New Orleans’ soulful hoodoo rock and roller and carnivalesque hero Mac Rebennack, better known as Dr. John, passed away on June 6, 2019. Within a day, the city’s streets filled with mourners honoring his legacy of high funknology in the verbal, musical and spiritual arts. This week on American Routes Shortcuts, we celebrate the beloved music and life of our friend, the late legendary Dr. John, by revisiting an interview with him from the 2013 Americana Music Festival in Nashville.


Nick Spitzer: I was invited to the 2013 Americana Music Festival in Nashville, where on stage at the Country Music Hall of Fame and Museum I had a chance to interview the recipient of that year’s lifetime achievement award, New Orleans’ own, Dr. John. It was a busy year for Dr. John; he won a Grammy for the best Blues album, Locked Down, produced by the Black Keys’ Dan Auerbach, and he received an honorary doctorate of fine arts here at Tulane University, making the Night Tripper Dr. Dr. John in our minds.

NS: Take it easy, Mac.

Dr. John: Ay, that’s something I never learned how to do.

NS: I wasn’t worried about the Night Tripper trippin’ one bit, I knew you’d make it right to the seat. Well, y’all look good out there, don’t they look good, Mac?

DJ: I think everybody’s lookin’ oks, as best as I could see ‘em.

NS:  I was gonna ask you, growing up in New Orleans, what was your life for spirit as a kid? I mean, did you go to church, did you find other ways to get to spirit?

DJ: Well, I started off, I was a Catholic, and then I got around the Guiding Light Spiritual Church in New Orleans which all religions was welcome. That started changes in me, and as I started studying things, I became part of a Yoruba religion called Voodoo. And I think all of this just keeps ya open, and now I realize I’m very syncaradical. I mean, beside having Black Hawk and all that, they had–and he was dressed up like a Mardi Gras Indian in the church, and it was a beautiful, for a storefront church, in the Lower Ninth Ward in New Orleans, it was really a different kind of thing. It’s like, the men were workers, the women were saints, and the children were angels. That’s not like most religions, at all. I thought it was something kind of hip.
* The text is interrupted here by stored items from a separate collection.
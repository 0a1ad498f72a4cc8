//! Tokens: single brackets and commas, and the words between them and the spaces.

ghost use Rattle.std.specs.Prelude.{◌≡◌, ◌+◌, ◌<◌, ◌≤◌, ◌^◌, [], ◌∷◌, IfNone, IfSome, length};
ghost use Rattle.std.specs.List.{prefix_len};
ghost use Rattle.wkt.specs.Tokens.{tokens};
ghost use Rattle.wkt.specs.Tokens.{is_space as space_test, is_mark as mark_test, is_word_byte as word_byte_test, token_len as len_of_token};

/// The rest of a text from some place on.
#[derive(Clone, Copy)]
pub(crate) struct Rest<'a> {
    /// The offset in the whole text.
    pub at: usize,
    /// Its bytes.
    pub bytes: &'a [u8],
    pub ghost fits: { at + length bytes.now < 2 ^ 64 },
}

/// A token, and the rest of the text after it.
#[derive(Clone, Copy)]
pub(crate) struct Token<'a> {
    /// The offset in the whole text.
    pub at: usize,
    /// Its bytes: one bracket or comma, or a word.
    pub bytes: &'a [u8],
    /// The text after the token.
    pub rest: Rest<'a>,
}

/// Whether a byte separates words: a space, a tab, a line feed or a carriage return.
pub(crate) fn is_space(byte: u8) -> bool
    ensures { result ≡ space_test byte }
{
    byte == b' ' || byte == b'\t' || byte == b'\n' || byte == b'\r'
}

/// Whether a byte is a token of its own: a bracket or a comma.
pub(crate) fn is_mark(byte: u8) -> bool
    ensures { result ≡ mark_test byte }
{
    byte == b'(' || byte == b')' || byte == b','
}

/// How many spaces are at the front.
#[tactic(auto, using(crate::proofs::DigitsLemmas::prefix_fits))]
fn space_len(bytes: &[u8]) -> usize
    ensures value { result ≡ prefix_len space_test bytes.now }
    ensures fits { result ≤ length bytes.now }
{
    bytes.iter().take_while(|b| is_space(**b)).count()
}

/// How many bytes of a word are at the front.
#[tactic(auto, using(crate::proofs::DigitsLemmas::prefix_fits))]
fn word_len(bytes: &[u8]) -> usize
    ensures value { result ≡ prefix_len word_byte_test bytes.now }
    ensures fits { result ≤ length bytes.now }
{
    bytes
        .iter()
        .take_while(|b| !(is_space(**b) || is_mark(**b)))
        .count()
}

/// The length of the first token, if no space comes before it.
fn token_len(bytes: &[u8]) -> usize
    ensures value { result ≡ len_of_token bytes.now }
    ensures fits { result ≤ length bytes.now }
{
    match bytes {
        [] => 0,
        [first, ..] => { if is_mark(*first) { 1 } else { word_len(bytes) } }
    }
}

/// The first token of the rest of a text; `None` if only spaces are left.
pub(crate) fn first_token(text: Rest<'_>) -> Option<Token<'_>>
    ensures none { IfNone result (tokens text.entry.at text.entry.bytes.now ≡ []) }
    ensures some { IfSome result
        (λ t. tokens text.entry.at text.entry.bytes.now ≡ (t.at, t.bytes.now)
        ∷ tokens t.rest.at t.rest.bytes.now) }
    ensures shorter { IfSome result (λ t. length t.rest.bytes.now < length text.entry.bytes.now) }
    ensures length { IfSome result
        (λ t. t.rest.at + length t.rest.bytes.now ≡ text.entry.at + length text.entry.bytes.now) }
{
    let (front, found) = text.bytes.split_at(space_len(text.bytes));
    let at = text.at + front.len();
    if found.is_empty() {
        return None;
    }
    let (bytes, behind) = found.split_at(token_len(found));
    Some(Token {
        at,
        bytes,
        rest: Rest {
            at: at + bytes.len(),
            bytes: behind,
        },
    })
}
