//! Shapes as text: the well-known text of points, line strings of two points and polygons.
#![tactic(auto)]

mod fault;
mod fields;
mod keyword;
mod laws;
mod number;
mod print;
mod read;
mod ring;
mod tokens;

pub use fault::WktFault;
pub use laws::{fault_is_first, printed_is_read, read_is_spelled};
pub use print::{print_shape, shape_text};
pub use read::read_shape;
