//! Readers of a text's parts: each takes its part from the front of the text and returns the rest.

ghost use Rattle.std.specs.Prelude.{◌≡◌, ◌+◌, ◌<◌, ◌^◌, Ok, IfOk, length};
ghost use Rattle.wkt.specs.Tokens.{tokens};
ghost use Rattle.wkt.specs.Reading.{Gives, begins_with_mark as mark_first, is_the_mark as mark_test, number_of_token as token_number, keyword_at, opening_at, mark_at, closing_at, end_at, number_at, pair_at, more_at};

use crate::fault::WktFault;
use crate::keyword::{Kind, is_left_out_form, kind_of};
use crate::number::coordinate;
use crate::tokens::{Rest, first_token, is_mark};
use plane::Point;

/// Whether a token is this mark: a bracket or a comma.
fn is_the_mark(mark: u8, bytes: &[u8]) -> bool
    ensures { result ≡ mark_test mark bytes.now }
{
    match bytes {
        [byte] => *byte == mark,
        _ => false,
    }
}

/// Whether a token is a bracket or a comma, not a word.
fn begins_with_mark(bytes: &[u8]) -> bool
    ensures { result ≡ mark_first bytes.now }
{
    match bytes {
        [] => false,
        [first, ..] => is_mark(*first),
    }
}

/// Reads the keyword.
#[tactic(auto, unfolding(crate::specs::Reading::keyword_at))]
pub(crate) fn keyword(text: Rest<'_>) -> Result<(Kind, Rest<'_>), WktFault>
    ensures gives { Gives (λ r. (r.0, tokens r.1.at r.1.bytes.now)) result
        (keyword_at (text.entry.at + length text.entry.bytes.now)
        (tokens text.entry.at text.entry.bytes.now)) }
    ensures rest { IfOk result
        (λ r. r.1.at + length r.1.bytes.now ≡ text.entry.at + length text.entry.bytes.now) }
{
    let Some(token) = first_token(text) else {
        return Err(WktFault::Syntax(text.at + text.bytes.len()));
    };
    if begins_with_mark(token.bytes) {
        return Err(WktFault::Syntax(token.at));
    }
    let kind = kind_of(token.at, token.bytes)?;
    Ok((kind, token.rest))
}

/// Reads the opening bracket after a keyword. `LeftOut` for `EMPTY`, `Z`, `M` and `ZM`.
#[tactic(auto, unfolding(crate::specs::Reading::opening_at))]
pub(crate) fn opening(text: Rest<'_>) -> Result<Rest<'_>, WktFault>
    ensures gives { Gives (λ r. tokens r.at r.bytes.now) result
        (opening_at (text.entry.at + length text.entry.bytes.now)
        (tokens text.entry.at text.entry.bytes.now)) }
    ensures rest { IfOk result
        (λ r. r.at + length r.bytes.now ≡ text.entry.at + length text.entry.bytes.now) }
{
    let Some(token) = first_token(text) else {
        return Err(WktFault::Syntax(text.at + text.bytes.len()));
    };
    if is_the_mark(b'(', token.bytes) {
        return Ok(token.rest);
    }
    Err(if is_left_out_form(token.bytes) {
        WktFault::LeftOut(token.at)
    } else {
        WktFault::Syntax(token.at)
    })
}

/// Reads this bracket or comma.
#[tactic(auto, unfolding(crate::specs::Reading::mark_at))]
pub(crate) fn mark(mark: u8, text: Rest<'_>) -> Result<Rest<'_>, WktFault>
    ensures gives { Gives (λ r. tokens r.at r.bytes.now) result
        (mark_at mark (text.entry.at + length text.entry.bytes.now)
        (tokens text.entry.at text.entry.bytes.now)) }
    ensures rest { IfOk result
        (λ r. r.at + length r.bytes.now ≡ text.entry.at + length text.entry.bytes.now) }
{
    let Some(token) = first_token(text) else {
        return Err(WktFault::Syntax(text.at + text.bytes.len()));
    };
    if !is_the_mark(mark, token.bytes) {
        return Err(WktFault::Syntax(token.at));
    }
    Ok(token.rest)
}

/// Reads the closing bracket of a list of fixed length. `LeftOut` for a comma.
#[tactic(auto, unfolding(crate::specs::Reading::closing_at))]
pub(crate) fn closing(text: Rest<'_>) -> Result<Rest<'_>, WktFault>
    ensures gives { Gives (λ r. tokens r.at r.bytes.now) result
        (closing_at (text.entry.at + length text.entry.bytes.now)
        (tokens text.entry.at text.entry.bytes.now)) }
    ensures rest { IfOk result
        (λ r. r.at + length r.bytes.now ≡ text.entry.at + length text.entry.bytes.now) }
{
    let Some(token) = first_token(text) else {
        return Err(WktFault::Syntax(text.at + text.bytes.len()));
    };
    if is_the_mark(b')', token.bytes) {
        return Ok(token.rest);
    }
    Err(if is_the_mark(b',', token.bytes) {
        WktFault::LeftOut(token.at)
    } else {
        WktFault::Syntax(token.at)
    })
}

/// Checks that the text ends here.
pub(crate) fn end(text: Rest<'_>) -> Result<(), WktFault>
    ensures { Gives (λ u. u) result (end_at (tokens text.entry.at text.entry.bytes.now)) }
{
    match first_token(text) {
        None => Ok(()),
        Some(token) => Err(WktFault::Syntax(token.at)),
    }
}

/// The coordinate in a token.
#[tactic(auto, unfolding(crate::specs::Reading::number_of_token))]
fn number_of_token(at: usize, bytes: &[u8]) -> Result<i32, WktFault>
    ensures { result ≡ token_number (at, bytes.now) }
{
    if begins_with_mark(bytes) {
        return Err(WktFault::Syntax(at));
    }
    coordinate(at, bytes)
}

/// Reads a coordinate.
#[tactic(auto, unfolding(crate::specs::Reading::number_at))]
fn number(text: Rest<'_>) -> Result<(i32, Rest<'_>), WktFault>
    ensures gives { Gives (λ r. (r.0, tokens r.1.at r.1.bytes.now)) result
        (number_at (text.entry.at + length text.entry.bytes.now)
        (tokens text.entry.at text.entry.bytes.now)) }
    ensures rest { IfOk result
        (λ r. r.1.at + length r.1.bytes.now ≡ text.entry.at + length text.entry.bytes.now) }
    ensures shorter { IfOk result (λ r. length r.1.bytes.now < length text.entry.bytes.now) }
{
    let Some(token) = first_token(text) else {
        return Err(WktFault::Syntax(text.at + text.bytes.len()));
    };
    let n = number_of_token(token.at, token.bytes)?;
    Ok((n, token.rest))
}

/// Reads the two coordinates of a point.
#[tactic(auto, unfolding(crate::specs::Reading::pair_at))]
pub(crate) fn pair(text: Rest<'_>) -> Result<(Point, Rest<'_>), WktFault>
    ensures gives { Gives (λ r. (r.0, tokens r.1.at r.1.bytes.now)) result
        (pair_at (text.entry.at + length text.entry.bytes.now)
        (tokens text.entry.at text.entry.bytes.now)) }
    ensures rest { IfOk result
        (λ r. r.1.at + length r.1.bytes.now ≡ text.entry.at + length text.entry.bytes.now) }
    ensures shorter { IfOk result (λ r. length r.1.bytes.now < length text.entry.bytes.now) }
{
    let (x, text) = number(text)?;
    let (y, rest) = number(text)?;
    Ok((Point { x, y }, rest))
}

/// Reads what follows a pair of a ring: true for a comma, false for the closing bracket.
#[tactic(auto, unfolding(crate::specs::Reading::more_at, crate::specs::Reading::is_more))]
pub(crate) fn more(text: Rest<'_>) -> Result<(bool, Rest<'_>), WktFault>
    ensures gives { Gives (λ r. (r.0, tokens r.1.at r.1.bytes.now)) result
        (more_at (text.entry.at + length text.entry.bytes.now)
        (tokens text.entry.at text.entry.bytes.now)) }
    ensures rest { IfOk result
        (λ r. r.1.at + length r.1.bytes.now ≡ text.entry.at + length text.entry.bytes.now) }
    ensures shorter { IfOk result (λ r. length r.1.bytes.now < length text.entry.bytes.now) }
{
    let Some(token) = first_token(text) else {
        return Err(WktFault::Syntax(text.at + text.bytes.len()));
    };
    if is_the_mark(b',', token.bytes) {
        return Ok((true, token.rest));
    }
    if is_the_mark(b')', token.bytes) {
        return Ok((false, token.rest));
    }
    Err(WktFault::Syntax(token.at))
}
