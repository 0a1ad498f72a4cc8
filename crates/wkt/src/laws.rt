//! Laws of the definitions that the contracts of the reader and the printer use. The functions have
//! empty bodies: each is its contract.

ghost use Rattle.std.specs.Prelude.{◌≡◌, ℕ, Ok, Err, Some, List};
ghost use Rattle.plane.specs.declared.point.Point.{Point};
ghost use Rattle.plane.specs.Canonical.{IsCanonical};
ghost use Rattle.wkt.specs.declared.fault.WktFault.{WktFault};
ghost use Rattle.wkt.specs.FirstFaults.{place_of, FirstFault};
ghost use Rattle.wkt.specs.Reading.{shape_of};
ghost use Rattle.wkt.specs.Spelling.{Spells};
ghost use Rattle.wkt.specs.Printing.{printed};

/// A text is read as a shape exactly if it spells that shape by the definition by cases, `Spells`,
/// and no text spells two shapes. The corners that are read are canonical: 1 to 16 in range, the
/// least one first, and listing them gives that very shape.
pub fn read_is_spelled()
    ensures found { (text : List ℕ) (corners : List Point) → shape_of text ≡ Ok corners
        → Spells text corners }
    ensures only { (text : List ℕ) (corners : List Point) → Spells text corners
        → shape_of text ≡ Ok corners }
    ensures one { (text : List ℕ) (a b : List Point) → Spells text a → Spells text b → a ≡ b }
    ensures canonical { (text : List ℕ) (corners : List Point) → shape_of text ≡ Ok corners
        → IsCanonical corners }
{}

/// The text that `shape_text` prints for a shape is read as that shape, and spells it.
pub fn printed_is_read()
    ensures read { (corners : List Point) → IsCanonical corners
        → shape_of (printed corners) ≡ Ok corners }
    ensures spells { (corners : List Point) → IsCanonical corners
        → Spells (printed corners) corners }
{}

/// A fault that has a place is at the first token with which the text is no longer the beginning of
/// one that lists points: the tokens before it begin such a text, and with it they begin none. At
/// the text's end, all tokens begin such a text, but list no points themselves.
pub fn fault_is_first()
    ensures { (text : List ℕ) (fault : WktFault) (at : ℕ) → shape_of text ≡ Err fault
        → place_of fault ≡ Some at → FirstFault text at }
{}
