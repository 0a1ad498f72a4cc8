//! The world over its index: searches that go on while shapes are placed and policies change, walks
//! that are held, and what tending removes.
use crate::worlds::{
    LIMITS, OPEN, ROADS, STARTS, add, document, found, place_all, placed, ready, seated, see_all,
    square, staged,
};
use feature_store::Meter;
use features::Change;
use plane::Shape;
use std::alloc::Global;
use std::process::Abort;
use world::{Advance, Answer, Fault, Outcome, Step, Tending, TreeFault, Visit, World};

/// How often rounds of tending did what.
#[derive(Clone, Copy, Debug, PartialEq, Eq)]
struct Tended {
    cleaned: u32,
    retired: u32,
    freed: u32,
}

/// Where a feature is on the diagonal. Neighbours by number are far apart, and no two numbers below
/// 257 have the same place.
fn place_of(id: u64) -> i32 {
    let place = id.wrapping_mul(37) % 257;
    i32::try_from(place).unwrap_or(0)
}

/// The addition of a feature at its place. Odd numbers are roads, even ones masts.
fn addition(rt: &impl Abort, id: u64) -> Change {
    let class = if id % 2 == 1 { "road" } else { "mast" };
    add(rt, id, class, place_of(id))
}

/// North makes one change, in a list of its own.
fn make(rt: &impl Abort, world: &mut World<Global>, change: Change) {
    let number = placed(rt, world, 1, &[change]);
    assert!(rt; matches!(world.commit(1, number), Ok(Outcome::Applied(_))));
}

/// Places all shapes of a transaction of north's, and applies its list.
fn place_and_commit(rt: &impl Abort, world: &mut World<Global>, number: u64) {
    place_all(rt, world, 1, number);
    assert!(rt; matches!(world.commit(1, number), Ok(Outcome::Applied(_))));
}

/// North adds the features `first` to `last`, each in a list of its own.
fn fill(rt: &impl Abort, world: &mut World<Global>, first: u64, last: u64) {
    for id in first..=last {
        make(rt, world, addition(rt, id));
    }
}

/// A world of the features 1 to `last`.
fn filled(rt: &impl Abort, heap: Global, last: u64) -> World<Global> {
    let mut world = seated(rt, heap, heap, OPEN, STARTS, LIMITS);
    fill(rt, &mut world, 1, last);
    world
}

/// Opens a search of south's for all features up to `high` on the diagonal, and visits once, after
/// which it has more to see.
fn begun(rt: &impl Abort, world: &mut World<Global>, high: i32) -> u64 {
    let opened = world.open_search(2, square(rt, 0, high));
    assert!(rt; opened.is_ok());
    let search = opened.unwrap();
    assert!(rt; world.visit(2, search) == Ok(Visit::More));
    search
}

/// Finishes a ready search of south's, and checks that the meter counts at most one look-up for
/// each pair that it has found.
fn finished(rt: &impl Abort, world: &mut World<Global>, search: u64) -> Answer<Global> {
    let mut meter = Meter::new();
    let found = world.found_count(search);
    let answered = world.finish(2, search, &mut meter);
    assert!(rt; answered.is_ok());
    assert!(rt; meter.ticks() <= found as u64);
    answered.unwrap()
}

/// Checks that the answer lists exactly the features `first` to `last` whose place is at most
/// `high`, each once.
fn check_rows(rt: &impl Abort, answer: &Answer<Global>, first: u64, last: u64, high: i32) {
    let mut at = 0usize;
    for id in first..=last {
        if place_of(id) <= high {
            assert!(rt; answer.rows().get(at).map(|row| row.id) == Some(id), "{id}");
            at = at.saturating_add(1);
        }
    }
    assert_eq!(rt; answer.rows().len(), at);
}

/// Ends a search of south's, and checks that it lists exactly the features `first` to `last`.
fn check_ended(rt: &impl Abort, world: &mut World<Global>, search: u64, first: u64, last: u64) {
    see_all(rt, world, 2, search);
    let answer = finished(rt, world, search);
    check_rows(rt, &answer, first, last, 300);
}

/// Checks that south finds exactly the features `first` to `last`.
fn check_found(rt: &impl Abort, world: &mut World<Global>, first: u64, last: u64) {
    let answer = found(rt, world, 2, square(rt, 0, 300));
    check_rows(rt, &answer, first, last, 300);
}

/// A policy that permits only roads comes into force while a search has more to see.
fn govern_under_search(rt: &impl Abort, heap: Global, world: &mut World<Global>) {
    let search = begun(rt, world, 300);
    assert!(rt; matches!(world.govern(heap, 3, document(rt, heap, ROADS)), Ok(2)));
    see_all(rt, world, 2, search);
    let answer = finished(rt, world, search);
    assert_eq!(rt; answer.decider().edition(), 2);
    assert_eq!(rt; answer.rows().len(), 20);
    assert!(rt; answer.rows().iter().all(|row| row.id % 2 == 1));
}

/// Advances the walk of a transaction of north's until it splits a node or all is placed, and
/// returns whether it has split one.
fn splits(rt: &impl Abort, world: &mut World<Global>, number: u64) -> bool {
    for _ in 0..100 {
        let step = world.advance(1, number);
        assert!(rt; step.is_ok());
        if step == Ok(Advance::Walked(Step::Split)) {
            return true;
        }
        if step == Ok(Advance::AllPlaced) {
            return false;
        }
    }
    panic!(rt; "a walk makes more than 100 steps")
}

/// North adds features from 41 on, until a walk splits a node. Returns its transaction and its
/// feature's number.
fn fill_until_split(rt: &impl Abort, world: &mut World<Global>) -> (u64, u64) {
    for id in 41..=200 {
        let number = staged(rt, world, 1, &[addition(rt, id)]);
        if splits(rt, world, number) {
            return (number, id);
        }
        assert!(rt; matches!(world.commit(1, number), Ok(Outcome::Applied(_))));
    }
    panic!(rt; "no node is parted")
}

/// A walk splits a node while a search has more to see, and goes on once the search has ended.
fn split_meanwhile(rt: &impl Abort, world: &mut World<Global>) {
    let search = begun(rt, world, 300);
    let (number, id) = fill_until_split(rt, world);
    check_ended(rt, world, search, 1, id.saturating_sub(1));
    place_and_commit(rt, world, number);
    check_found(rt, world, 1, id);
}

/// Eighty features are added while a search has more to see.
fn fill_meanwhile(rt: &impl Abort, world: &mut World<Global>) {
    let search = begun(rt, world, 300);
    fill(rt, world, 41, 120);
    check_ended(rt, world, search, 1, 120);
}
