//! Reads a text.

ghost use Rattle.std.specs.Prelude.{◌≡◌, ◌+◌, ◌<◌, ◌^◌, Ok, IfOk, List, length};
ghost use Rattle.plane.specs.declared.point.Point.{Point};
ghost use Rattle.wkt.specs.Tokens.{tokens};
ghost use Rattle.wkt.specs.Reading.{point_at, line_string_at, shape_of};
ghost use Rattle.wkt.specs.Kept.{kept_polygon_at};
ghost use Rattle.wkt.specs.Spelling.{Spells};

use crate::fault::WktFault;
use crate::fields::{closing, end, keyword, mark, opening, pair};
use crate::keyword::Kind;
use crate::ring::ring;
use crate::tokens::Rest;
use plane::Shape;

/// `( pair )`
#[tactic(auto, unfolding(crate::specs::Reading::point_at))]
fn point(text: Rest<'_>) -> Result<Shape, WktFault>
    ensures { result
        ≡ point_at (text.entry.at + length text.entry.bytes.now)
        (tokens text.entry.at text.entry.bytes.now) }
{
    let text = opening(text)?;
    let (point, text) = pair(text)?;
    let text = mark(b')', text)?;
    end(text)?;
    Shape::point(point).map_err(WktFault::Bad)
}

/// `( pair , pair )`
#[tactic(auto, unfolding(crate::specs::Reading::line_string_at))]
fn line_string(text: Rest<'_>) -> Result<Shape, WktFault>
    ensures { result
        ≡ line_string_at (text.entry.at + length text.entry.bytes.now)
        (tokens text.entry.at text.entry.bytes.now) }
{
    let text = opening(text)?;
    let (first, text) = pair(text)?;
    let text = mark(b',', text)?;
    let (second, text) = pair(text)?;
    let text = closing(text)?;
    end(text)?;
    Shape::segment(first, second).map_err(WktFault::Bad)
}

/// `( ( pair , pair .. ) )`
#[tactic(auto, unfolding(crate::specs::Kept::kept_polygon_at))]
fn polygon(text: Rest<'_>) -> Result<Shape, WktFault>
    ensures { result
        ≡ kept_polygon_at (text.entry.at + length text.entry.bytes.now)
        (tokens text.entry.at text.entry.bytes.now) }
{
    let text = opening(text)?;
    let text = mark(b'(', text)?;
    let (points, text) = ring(text)?;
    let text = closing(text)?;
    end(text)?;
    Shape::polygon(points.as_slice()).map_err(WktFault::Bad)
}

/// Reads the keyword and what follows it.
#[tactic(auto, using(crate::proofs::KeptLemmas::kept_polygon), unfolding(crate::specs::Reading::shape_of))]
fn read(text: &[u8]) -> Result<Shape, WktFault>
    ensures { result ≡ shape_of text.now }
{
    let (kind, rest) = keyword(Rest { at: 0, bytes: text })?;
    match kind {
        Kind::Point => point(rest),
        Kind::LineString => line_string(rest),
        Kind::Polygon => polygon(rest),
    }
}

/// Reads the shape that a text spells, as in OGC 06-103r4, 7.2.2: `POINT (x y)`,
/// `LINESTRING (x y, x y)` or `POLYGON ((x y, x y, ..))`. Allocates nothing.
///
/// Another first word is K1, or K2 if it is the word for a kind of geometry that is not supported.
/// `EMPTY`, `Z`, `M` or `ZM` after the keyword, a third point of a line string and a second ring
/// are K2. Any other wrong or missing token is K3, a word that is not a number K4, and a number
/// outside of -10,000,000 to 10,000,000 K5. The error is the first fault from the left, with its
/// place. If there is none, but the points make no shape, the error is K6.
#[tactic(auto, using(crate::proofs::SpellingFound::found))]
pub fn read_shape(text: &[u8]) -> Result<Shape, WktFault>
    ensures value { result ≡ shape_of text.now }
    ensures spelled { IfOk result (Spells text.now) }
    ensures taken { (corners : List Point) → Spells text.now corners → result ≡ Ok corners }
{
    read(text)
}
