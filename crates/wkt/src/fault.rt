//! Why a text spells no shape.

ghost use Rattle.std.specs.Prelude.{◌≡◌};

use plane::ShapeFault;
use std::error::Error;
use std::fmt;

/// Why a text spells no shape. A place is a byte offset: that of the first token, from the left,
/// with which no shape's text can go on, or the text's length if a token is missing at its end.
#[derive(Clone, Copy, Debug, PartialEq, Eq)]
pub enum WktFault {
    /// K1: the first word is not a geometry keyword known here.
    UnknownWord(usize),
    /// K2: an unsupported form of the standard, such as a collection, `EMPTY` or a third point.
    LeftOut(usize),
    /// K3: a token is wrong or missing, or follows after the last one.
    Syntax(usize),
    /// K4: the word is not a number.
    Number(usize),
    /// K5: the number is outside of the range of coordinates.
    OutOfRange(usize),
    /// K6: the text has the form of a shape, but its points make none.
    Bad(ShapeFault),
}

impl WktFault {
    ghost use Rattle.wkt.specs.FaultCodes.{code_of};

    /// The short code: `K1` to `K5`, or that of the fault of the points, `P1` to `P9`.
    pub fn code(self) -> &'static str
        ensures { result.now ≡ code_of self }
    {
        match self {
            WktFault::UnknownWord(_) => "K1",
            WktFault::LeftOut(_) => "K2",
            WktFault::Syntax(_) => "K3",
            WktFault::Number(_) => "K4",
            WktFault::OutOfRange(_) => "K5",
            WktFault::Bad(fault) => fault.code(),
        }
    }
}

impl fmt::Display for WktFault {
    ghost use Rattle.std.specs.Prelude.{Some};
    ghost use Rattle.wkt.specs.FaultCodes.{code_of};

    ghost output = { λ fault. Some (code_of fault) };

    fn fmt<W: fmt::Write>(&self, f: &mut fmt::Formatter<W>) -> fmt::Result {
        f.write_str(self.code())
    }
}

impl Error for WktFault {}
NS: Oh yeah, no definitely. Let’s talk a little about your family. Could you, I know you have some people that were very important to you, and your parents, I guess an aunt, maybe you could say a little bit about who was around you growing up.

DJ: My Aunt Andre, when I was a little kid, she taught me how to play boogie-woogies. But I remember, my aunt Dottie Mae used to have jam sessions at her pad, and she was pretty hip people in the way I looked at it cuz I remember like Pete Fountain and George Girard and most of the guys of the Basin Street Six would be over at their place, and it was kinda cool.

NS: Yeah, you know, we got a piano here, would you mind giving us a little taste of what boogie-woogie was like from the aunties for a moment?